Bank statements	Line-item extraction	Per-transaction, so the ledger can reconcile against individual rows
Sidecar writes	Atomic: write to `.json.tmp`, then rename	Crash-safe; never leaves a half-written sidecar behind

The big unlock is Anthropic's native PDF support. I was ready to plumb pypdf (or worse, Tesseract) through this thing, and instead the pipeline just sends the PDF bytes as a document content block and asks for a tool-use response matching a Pydantic schema. Zero OCR text-extraction code to maintain.

The two-tier model ladder

Every document goes to Haiku first. Haiku is fast and cheap, and for clean invoices with well-formatted line items it nails the fields on the first pass. If validation fails — missing required fields, amount doesn't reconcile, unit number outside known range — the document is retried on Sonnet.
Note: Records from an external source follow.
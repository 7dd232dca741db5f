// The rules in which the server's rate or the buffer stands. They speak of the path as a whole, under flow 0.
ghost use Rattle.std.specs.Prelude.{◌≡◌, ◌<◌, ◌≤◌, ◌-◌, [], ◌∷◌, ◌++◌, neg_ℤ, IfOk};
ghost use Rattle.claims.specs.Subjects.{constant, of_waste, part};
ghost use Rattle.path_server.specs.Claims.{accepted, allowance, buffer_claims, ceiling_claims, common_scale, floor_claims, loss_claims, opposite, rate_scale, room, service, waste_claims, waste_rate_claims};
ghost use Rattle.path_server.specs.Limits.{IsNumber, IsPath};
ghost use Rattle.path_server.specs.Servers.{server_of};
ghost use Rattle.run_rows.specs.Columns.{rows_of};
ghost use Rattle.run_rows.specs.Limits.{IsWithin};
ghost use Rattle.unroll.specs.ClaimFormulas.{Adds};
ghost use Rattle.unroll.specs.Sums.{summed};

use crate::formulas::{either, with};
use crate::sums::Sum;
use clause_form::Formula;
use linear_form::Rel;
use path_server::{Path, Scale};
use run_rows::{Entry, Shape};
use std::alloc::Global;
use whole::{NoMemory, Pair};

/// `P3`.
#[tactic(auto, unfolding(path_server::specs::Claims::ceiling_claims))]
pub(crate) fn ceiling(
    alloc: Global,
    formulas: Vec<Formula>,
    shape: &Shape,
    path: &Path,
    row: u32,
    flow: u32,
) -> Result<Vec<Formula>, NoMemory>
    requires within { IsWithin shape.now }
    requires path_in { IsPath path.now }
    requires row_in { row < rows_of shape.now }
    ensures { IfOk result (λ fs. Adds shape.now formulas.items (ceiling_claims part shape.now.flows (server_of path.now) row flow) fs.items) }
{
    if flow > 0 {
        return Ok(formulas);
    }
    let left = left_to_serve(alloc, shape, path, row)?;
    with(formulas, left.compared(Rel::AtLeast))
}

/// The most that may have been served, less what was.
fn left_to_serve(alloc: Global, shape: &Shape, path: &Path, row: u32) -> Result<Sum, NoMemory>
    requires within { IsWithin shape.now }
    requires path_in { IsPath path.now }
    requires row_in { row < rows_of shape.now }
    ensures { IfOk result (λ sum. sum ≡ summed shape.now (allowance part (server_of path.now) (rate_scale (server_of path.now)) row 0 ++ service part shape.now.flows (opposite (rate_scale (server_of path.now))) row)) }
{
    let scale = Scale::of_rate(path);
    let opposite = scale.opposite();
    let allowed = Sum::new(alloc).plus_allowance(shape, path, &scale, row, 0)?;
    allowed.plus_service(shape, &opposite, row)
}

/// `P4`.
#[tactic(auto, unfolding(path_server::specs::Claims::floor_claims))]
pub(crate) fn floor(
    alloc: Global,
    formulas: Vec<Formula>,
    shape: &Shape,
    path: &Path,
    row: u32,
    flow: u32,
) -> Result<Vec<Formula>, NoMemory>
    requires within { IsWithin shape.now }
    requires path_in { IsPath path.now }
    requires row_in { row < rows_of shape.now }
    ensures { IfOk result (λ fs. Adds shape.now formulas.items (floor_claims part shape.now.flows (server_of path.now) row flow) fs.items) }
{
    if flow > 0 {
        return Ok(formulas);
    }
    let more = served_in_time(alloc, shape, path, row)?;
    with(formulas, more.compared(Rel::AtLeast))
}

/// What was served, less what has to be served but for the jitter.
fn served_in_time(alloc: Global, shape: &Shape, path: &Path, row: u32) -> Result<Sum, NoMemory>
    requires within { IsWithin shape.now }
    requires path_in { IsPath path.now }
    requires row_in { row < rows_of shape.now }
    ensures { IfOk result (λ sum. sum ≡ summed shape.now (service part shape.now.flows (rate_scale (server_of path.now)) row ++ allowance part (server_of path.now) (opposite (rate_scale (server_of path.now))) row path.now.jitter)) }
{
    let scale = Scale::of_rate(path);
    let opposite = scale.opposite();
    let served = Sum::new(alloc).plus_service(shape, &scale, row)?;
    served.plus_allowance(shape, path, &opposite, row, path.jitter)
}

/// `P5`.
#[tactic(auto, using(whole::proofs::Overflow::signed), unfolding(path_server::specs::Claims::waste_claims, path_server::specs::Claims::nothing_waits))]
pub(crate) fn waste(
    alloc: Global,
    formulas: Vec<Formula>,
    shape: &Shape,
    path: &Path,
    row: u32,
    flow: u32,
) -> Result<Vec<Formula>, NoMemory>
    requires within { IsWithin shape.now }
    requires path_in { IsPath path.now }
    requires row_in { row < rows_of shape.now }
    ensures { IfOk result (λ fs. Adds shape.now formulas.items (waste_claims part shape.now.flows (server_of path.now) row flow) fs.items) }
{
    if row == 0 || flow > 0 {
        return Ok(formulas);
    }
    let wasted = Sum::new(alloc)
        .plus(shape, 1, Entry::W { row })?
        .plus(shape, -1, Entry::W { row: row - 1 })?;
    let left = left_to_accept(alloc, shape, path, row)?;
    let rule = either(
        alloc,
        wasted.compared(Rel::AtMost),
        left.compared(Rel::AtLeast),
    )?;
    with(formulas, rule)
}

/// The most that may have been served, less what was accepted.
fn left_to_accept(alloc: Global, shape: &Shape, path: &Path, row: u32) -> Result<Sum, NoMemory>
    requires within { IsWithin shape.now }
    requires path_in { IsPath path.now }
    requires row_in { row < rows_of shape.now }
    ensures { IfOk result (λ sum. sum ≡ summed shape.now (allowance part (server_of path.now) (rate_scale (server_of path.now)) row 0 ++ accepted part shape.now.flows (opposite (rate_scale (server_of path.now))) row)) }
{
    let scale = Scale::of_rate(path);
    let opposite = scale.opposite();
    let allowed = Sum::new(alloc).plus_allowance(shape, path, &scale, row, 0)?;
    allowed.plus_accepted(shape, &opposite, row)
}

/// `P7`.
#[tactic(auto, unfolding(path_server::specs::Claims::buffer_claims, path_server::specs::Claims::queue_fits))]
pub(crate) fn buffer(
    alloc: Global,
    formulas: Vec<Formula>,
    shape: &Shape,
    path: &Path,
    row: u32,
    flow: u32,
) -> Result<Vec<Formula>, NoMemory>
    requires within { IsWithin shape.now }
    requires path_in { IsPath path.now }
    requires row_in { row < rows_of shape.now }
    ensures { IfOk result (λ fs. Adds shape.now formulas.items (buffer_claims part shape.now.flows (server_of path.now) path.now.buffer row flow) fs.items) }
{
    match &path.buffer {
        Some(buffer) if flow == 0 => {
            let free = left_to_fill(alloc, shape, path, buffer, row)?;
            with(formulas, free.compared(Rel::AtLeast))
        }
        _ => Ok(formulas),
    }
}

/// The most that may have been served and the buffer, less what was accepted.
fn left_to_fill(
    alloc: Global,
    shape: &Shape,
    path: &Path,
    buffer: &Pair,
    row: u32,
) -> Result<Sum, NoMemory>
    requires within { IsWithin shape.now }
    requires path_in { IsPath path.now }
    requires buffer_in { IsNumber buffer.now }
    requires row_in { row < rows_of shape.now }
    ensures { IfOk result (λ sum. sum ≡ summed shape.now ((allowance part (server_of path.now) (common_scale (server_of path.now) buffer.now) row 0 ++ room part buffer.now (common_scale (server_of path.now) buffer.now)) ++ accepted part shape.now.flows (opposite (common_scale (server_of path.now) buffer.now)) row)) }
{
    let scale = Scale::of_buffer(path, buffer);
    let opposite = scale.opposite();
    let allowed = Sum::new(alloc).plus_allowance(shape, path, &scale, row, 0)?;
    let roomy = allowed.plus_room(buffer, &scale);
    roomy.plus_accepted(shape, &opposite, row)
}

/// `P8`.
#[tactic(auto, unfolding(path_server::specs::Claims::loss_claims, path_server::specs::Claims::full_or_none, path_server::specs::Claims::queue_was_full))]
pub(crate) fn loss(
    alloc: Global,
    formulas: Vec<Formula>,
    shape: &Shape,
    path: &Path,
    row: u32,
    flow: u32,
) -> Result<Vec<Formula>, NoMemory>
    requires within { IsWithin shape.now }
    requires path_in { IsPath path.now }
    requires row_in { row < rows_of shape.now }
    ensures { IfOk result (λ fs. Adds shape.now formulas.items (loss_claims part shape.now.flows (server_of path.now) path.now.buffer row flow) fs.items) }
{
    if row == 0 || flow > 0 {
        return Ok(formulas);
    }
    let lost = Sum::new(alloc).plus_new_losses(shape, row, row - 1)?;
    let none = lost.compared(Rel::AtMost);
    match &path.buffer {
        None => with(formulas, none),
        Some(buffer) => {
            let over = over_the_buffer(alloc, shape, path, buffer, row, row - 1)?;
            with(formulas, either(alloc, none, over.compared(Rel::AtLeast))?)
        }
    }
}

/// What was accepted by the row, less the most that may have been served by the row before and the buffer.
fn over_the_buffer(
    alloc: Global,
    shape: &Shape,
    path: &Path,
    buffer: &Pair,
    row: u32,
    before: u32,
) -> Result<Sum, NoMemory>
    requires within { IsWithin shape.now }
    requires path_in { IsPath path.now }
    requires buffer_in { IsNumber buffer.now }
    requires row_in { row < rows_of shape.now }
    requires before_in { before < rows_of shape.now }
    ensures { IfOk result (λ sum. sum ≡ summed shape.now ((accepted part shape.now.flows (common_scale (server_of path.now) buffer.now) row ++ allowance part (server_of path.now) (opposite (common_scale (server_of path.now) buffer.now)) before 0) ++ room part buffer.now (opposite (common_scale (server_of path.now) buffer.now)))) }
{
    let scale = Scale::of_buffer(path, buffer);
    let opposite = scale.opposite();
    let accepted = Sum::new(alloc).plus_accepted(shape, &scale, row)?;
    let waiting = accepted.plus_allowance(shape, path, &opposite, before, 0)?;
    Ok(waiting.plus_room(buffer, &opposite))
}

/// `P9`.
#[tactic(auto, unfolding(path_server::specs::Claims::waste_rate_claims))]
pub(crate) fn waste_rate(
    alloc: Global,
    formulas: Vec<Formula>,
    shape: &Shape,
    path: &Path,
    row: u32,
    flow: u32,
) -> Result<Vec<Formula>, NoMemory>
    requires within { IsWithin shape.now }
    requires path_in { IsPath path.now }
    requires row_in { row < rows_of shape.now }
    ensures { IfOk result (λ fs. Adds shape.now formulas.items (waste_rate_claims part (server_of path.now) row flow) fs.items) }
{
    if row == 0 || flow > 0 {
        return Ok(formulas);
    }
    let left = left_to_waste(alloc, shape, path, row, row - 1)?;
    with(formulas, left.compared(Rel::AtLeast))
}

/// What the server can serve in a step, less what it wasted in this one.
#[tactic(auto, using(whole::proofs::Overflow::signed))]
fn left_to_waste(
    alloc: Global,
    shape: &Shape,
    path: &Path,
    row: u32,
    before: u32,
) -> Result<Sum, NoMemory>
    requires within { IsWithin shape.now }
    requires path_in { IsPath path.now }
    requires row_in { row < rows_of shape.now }
    requires before_in { before < rows_of shape.now }
    ensures { IfOk result (λ sum. sum ≡ summed shape.now (part path.now.rate.num constant ∷ part (neg_ℤ path.now.rate.den) (of_waste row) ∷ part path.now.rate.den (of_waste before) ∷ [])) }
{
    let scale = Scale::of_rate(path);
    Sum::new(alloc)
        .plus_constant(path.rate.num)
        .plus(shape, scale.minus, Entry::W { row })?
        .plus(shape, scale.unit, Entry::W { row: before })
}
Sonnet eats the ambiguous ones (handwritten receipts, scanned utility bills where the meter read landed on a crease) and gets them right.

This ladder matters because the cost delta between Haiku and Sonnet is real, and on a 941-doc batch the savings compound fast. The validation layer is what makes the ladder safe — nothing slips through on Haiku without being audited against the rules.

New files

packages/py/src/propco/ingest/ocr.py — core pipeline: detect category, call Anthropic with the category-specific tool schema, validate, write sidecar.
packages/py/src/propco/ingest/prompts.py — 8 per-category prompt templates (invoices, bank statements, compliance notices, contracts, …) plus matching tool-use schemas.
packages/py/src/propco/ingest/validation.py — post-extraction validation rules and confidence computation. Everything deterministic.
packages/py/src/propco/models/document.py — Pydantic models: FieldValue, LineItem, DocumentFields, DocumentSidecar, OcrRunStats.
CHANGELOG.md — backfilled with 0.1.0 and now in Keep a Changelog format.
properties/bamboo-house/ocr.yaml — per-property OCR config (which categories apply, which model ladder, batch size).

CLI

propco ocr <slug> [--dry-run | --execute] [--batch-size N] [--category <name>]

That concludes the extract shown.